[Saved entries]

*** Block opens ***

//! The text of a report.
ghost use Rattle.std.specs.Prelude.{◌≡◌, ◌++◌, OnOk, codes, decimal, slice_get};
ghost use Rattle.asm_source.specs.Appends.{Appends};
ghost use Rattle.asm_text.specs.Texts.{line, value_text};
ghost use Rattle.ref_report.specs.Reported as spec;
ghost use Rattle.ref_report.specs.Texts.{linking, step_text};

use crate::linked::LinkedModels;
use crate::links::append_links;
use crate::report::{Difference, Possible, Report, Step};
use crate::step::append_step;
use asm_sign::Signature;
use asm_source::{Text, append_number, append_str};
use asm_text::{print_call, print_value};
use ref_link::Link;
use std::alloc::{AllocError, Global};

/// Appends the lines of the links, and then those of the report. `budget` is that of each search.
#[tactic(auto, using(asm_source::proofs::Appending::appends_whole))]
pub fn print_report(
    alloc: Global,
    linked: &LinkedModels<'_>,
    report: &Report,
    budget: u64,
    out: &mut Text,
) -> Result<(), AllocError>
    requires { spec.IsOf (linking linked.now) report.now }
    ensures { Appends out.old out.new (spec.report_text (linking linked.now) budget report.now) result }
{
    let mut text = Text::new(alloc);
    append_links(linked, &mut text)?;
    append_outcome(linked, report, budget, &mut text)?;
    out.extend(text.slice())
}

/// Appends the lines of a report behind those of the links.
fn append_outcome(
    linked: &LinkedModels<'_>,
    report: &Report,
    budget: u64,
    text: &mut Text,
) -> Result<(), AllocError>
    requires { spec.IsOf (linking linked.now) report.now }
    ensures { OnOk result (text.new ≡ text.old ++ spec.outcome_text (linking linked.now) budget report.now) }
{
    let a = linked.abstract_model.signature();
    let c = linked.concrete_model.signature();
    match report {
        Report::Proved(refutation, possible) => append_proved(refutation.lines(), possible, text),
        Report::InitialDiffers(difference) => {
            append_differs(a, c, linked.links, difference, text)
        }
        Report::InitialInvariant(number) => append_invariant(*number, text),
        Report::StepFails(step, _) => append_failing(a, c, step, text),
        Report::Spent(_) => append_spent(budget, text),
    }
}

/// Appends that the refinement is proved, by a derivation of so many lines.
fn append_proved(lines: u64, possible: &Possible, text: &mut Text) -> Result<(), AllocError>
    ensures { OnOk result (text.new ≡ text.old ++ line (codes "proved") ++ line (codes "derivation " ++ decimal lines) ++ spec.possible_line possible.now) }
{
    append_str(text, "proved\n")?;
    append_derivation(lines, text)?;
    append_str(text, possible_line(possible))
}

/// Appends the number of lines of a derivation.
fn append_derivation(lines: u64, text: &mut Text) -> Result<(), AllocError>
    ensures { OnOk result (text.new ≡ text.old ++ line (codes "derivation " ++ decimal lines)) }
{
    append_str(text, "derivation ")?;
    append_number(text, lines)?;
    append_str(text, "\n")
}

/// The line that tells whether there is a step.
fn possible_line(possible: &Possible) -> &'static str
    ensures { result.now ≡ spec.possible_line possible.now }
{
    match possible {
        Possible::Able(_) => "a concrete step is possible\n",
        Possible::Unable(_) => "no concrete step is possible\n",
    }
}

/// Appends that a link has different values initially.
fn append_differs(
    a: &Signature,
    c: &Signature,
    links: &[Link],
    difference: &Difference,
    text: &mut Text,
) -> Result<(), AllocError>
    ensures { OnOk result (text.new ≡ text.old ++ spec.differs_line a.now c.now links.now difference.now) }
{
    append_str(text, "not proved: initial states differ at ")?;
    append_place(a, links, difference, text)?;
    append_values(a, c, difference, text)
}

/// Appends the abstract function of a link at its arguments.
fn append_place(
    a: &Signature,
    links: &[Link],
    difference: &Difference,
    text: &mut Text,
) -> Result<(), AllocError>
    ensures { OnOk result (text.new ≡ text.old ++ spec.linked_text a.now difference.now.arguments (slice_get links.now difference.now.link)) }
{
    match links.get(difference.link as usize) {
        Some(link) => print_call(
            a,
            link.abstract_function,
            difference.arguments.slice(),
            text,
        ),
        None => Ok(()),
    }
}

/// Appends the abstract value and the concrete one.
fn append_values(
    a: &Signature,
    c: &Signature,
    difference: &Difference,
    text: &mut Text,
) -> Result<(), AllocError>
    ensures { OnOk result (text.new ≡ text.old ++ (codes ": " ++ value_text a.now difference.now.abstract_value ++ codes " and " ++ line (value_text c.now difference.now.concrete_value))) }
{
    append_str(text, ": ")?;
    print_value(a, &difference.abstract_value, text)?;
    append_str(text, " and ")?;
    print_value(c, &difference.concrete_value, text)?;
    append_str(text, "\n")
}

/// Appends that an abstract invariant is false initially.
fn append_invariant(number: u32, text: &mut Text) -> Result<(), AllocError>
    ensures { OnOk result (text.new ≡ text.old ++ spec.invariant_line number) }
{
    append_str(text, "not proved: abstract invariant ")?;
    append_number(text, number as u64)?;
    append_str(text, " is false initially\n")
}

/// Appends a step that nothing answers.
fn append_failing(
    a: &Signature,
    c: &Signature,
    step: &Step,
    text: &mut Text,
) -> Result<(), AllocError>
    requires { spec.IsStepOf a.now c.now step.now }
    ensures { OnOk result (text.new ≡ text.old ++ line (codes "not proved: nothing answers this step") ++ step_text a.now c.now step.now) }
{
    append_str(text, "not proved: nothing answers this step\n")?;
    append_step(a, c, step, text)
}

/// Appends that the budget was used up.
fn append_spent(budget: u64, text: &mut Text) -> Result<(), AllocError>
    ensures { OnOk result (text.new ≡ text.old ++ line (codes "budget of " ++ decimal budget ++ codes " conflicts used up")) }
{
    append_str(text, "budget of ")?;
    append_number(text, budget)?;
    append_str(text, " conflicts used up\n")
}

*** Block closes ***

HOW TO COMPLETE THIS TASK: Reproduce the data exactly. All of it is needed.

RESULT FOR THIS TASK:
//! The text of a report.
ghost use Rattle.std.specs.Prelude.{◌≡◌, ◌++◌, OnOk, codes, decimal, slice_get};
ghost use Rattle.asm_source.specs.Appends.{Appends};
ghost use Rattle.asm_text.specs.Texts.{line, value_text};
ghost use Rattle.ref_report.specs.Reported as spec;
ghost use Rattle.ref_report.specs.Texts.{linking, step_text};

use crate::linked::LinkedModels;
use crate::links::append_links;
use crate::report::{Difference, Possible, Report, Step};
use crate::step::append_step;
use asm_sign::Signature;
use asm_source::{Text, append_number, append_str};
use asm_text::{print_call, print_value};
use ref_link::Link;
use std::alloc::{AllocError, Global};

/// Appends the lines of the links, and then those of the report. `budget` is that of each search.
#[tactic(auto, using(asm_source::proofs::Appending::appends_whole))]
pub fn print_report(
    alloc: Global,
    linked: &LinkedModels<'_>,
    report: &Report,
    budget: u64,
    out: &mut Text,
) -> Result<(), AllocError>
    requires { spec.IsOf (linking linked.now) report.now }
    ensures { Appends out.old out.new (spec.report_text (linking linked.now) budget report.now) result }
{
    let mut text = Text::new(alloc);
    append_links(linked, &mut text)?;
    append_outcome(linked, report, budget, &mut text)?;
    out.extend(text.slice())
}

/// Appends the lines of a report behind those of the links.
fn append_outcome(
    linked: &LinkedModels<'_>,
    report: &Report,
    budget: u64,
    text: &mut Text,
) -> Result<(), AllocError>
    requires { spec.IsOf (linking linked.now) report.now }
    ensures { OnOk result (text.new ≡ text.old ++ spec.outcome_text (linking linked.now) budget report.now) }
{
    let a = linked.abstract_model.signature();
    let c = linked.concrete_model.signature();
    match report {
        Report::Proved(refutation, possible) => append_proved(refutation.lines(), possible, text),
        Report::InitialDiffers(difference) => {
            append_differs(a, c, linked.links, difference, text)
        }
        Report::InitialInvariant(number) => append_invariant(*number, text),
        Report::StepFails(step, _) => append_failing(a, c, step, text),
        Report::Spent(_) => append_spent(budget, text),
    }
}

/// Appends that the refinement is proved, by a derivation of so many lines.
fn append_proved(lines: u64, possible: &Possible, text: &mut Text) -> Result<(), AllocError>
    ensures { OnOk result (text.new ≡ text.old ++ line (codes "proved") ++ line (codes "derivation " ++ decimal lines) ++ spec.possible_line possible.now) }
{
    append_str(text, "proved\n")?;
    append_derivation(lines, text)?;
    append_str(text, possible_line(possible))
}

/// Appends the number of lines of a derivation.
fn append_derivation(lines: u64, text: &mut Text) -> Result<(), AllocError>
    ensures { OnOk result (text.new ≡ text.old ++ line (codes "derivation " ++ decimal lines)) }
{
    append_str(text, "derivation ")?;
    append_number(text, lines)?;
    append_str(text, "\n")
}

/// The line that tells whether there is a step.
fn possible_line(possible: &Possible) -> &'static str
    ensures { result.now ≡ spec.possible_line possible.now }
{
    match possible {
        Possible::Able(_) => "a concrete step is possible\n",
        Possible::Unable(_) => "no concrete step is possible\n",
    }
}

/// Appends that a link has different values initially.
fn append_differs(
    a: &Signature,
    c: &Signature,
    links: &[Link],
    difference: &Difference,
    text: &mut Text,
) -> Result<(), AllocError>
    ensures { OnOk result (text.new ≡ text.old ++ spec.differs_line a.now c.now links.now difference.now) }
{
    append_str(text, "not proved: initial states differ at ")?;
    append_place(a, links, difference, text)?;
    append_values(a, c, difference, text)
}

/// Appends the abstract function of a link at its arguments.
fn append_place(
    a: &Signature,
    links: &[Link],
    difference: &Difference,
    text: &mut Text,
) -> Result<(), AllocError>
    ensures { OnOk result (text.new ≡ text.old ++ spec.linked_text a.now difference.now.arguments (slice_get links.now difference.now.link)) }
{
    match links.get(difference.link as usize) {
        Some(link) => print_call(
            a,
            link.abstract_function,
            difference.arguments.slice(),
            text,
        ),
        None => Ok(()),
    }
}

/// Appends the abstract value and the concrete one.
fn append_values(
    a: &Signature,
    c: &Signature,
    difference: &Difference,
    text: &mut Text,
) -> Result<(), AllocError>
    ensures { OnOk result (text.new ≡ text.old ++ (codes ": " ++ value_text a.now difference.now.abstract_value ++ codes " and " ++ line (value_text c.now difference.now.concrete_value))) }
{
    append_str(text, ": ")?;
    print_value(a, &difference.abstract_value, text)?;
    append_str(text, " and ")?;
    print_value(c, &difference.concrete_value, text)?;
    append_str(text, "\n")
}

/// Appends that an abstract invariant is false initially.
fn append_invariant(number: u32, text: &mut Text) -> Result<(), AllocError>
    ensures { OnOk result (text.new ≡ text.old ++ spec.invariant_line number) }
{
    append_str(text, "not proved: abstract invariant ")?;
    append_number(text, number as u64)?;
    append_str(text, " is false initially\n")
}

/// Appends a step that nothing answers.
fn append_failing(
    a: &Signature,
    c: &Signature,
    step: &Step,
    text: &mut Text,
) -> Result<(), AllocError>
    requires { spec.IsStepOf a.now c.now step.now }
    ensures { OnOk result (text.new ≡ text.old ++ line (codes "not proved: nothing answers this step") ++ step_text a.now c.now step.now) }
{
    append_str(text, "not proved: nothing answers this step\n")?;
    append_step(a, c, step, text)
}

/// Appends that the budget was used up.
fn append_spent(budget: u64, text: &mut Text) -> Result<(), AllocError>
    ensures { OnOk result (text.new ≡ text.old ++ line (codes "budget of " ++ decimal budget ++ codes " conflicts used up")) }
{
    append_str(text, "budget of ")?;
    append_number(text, budget)?;
    append_str(text, " conflicts used up\n")
}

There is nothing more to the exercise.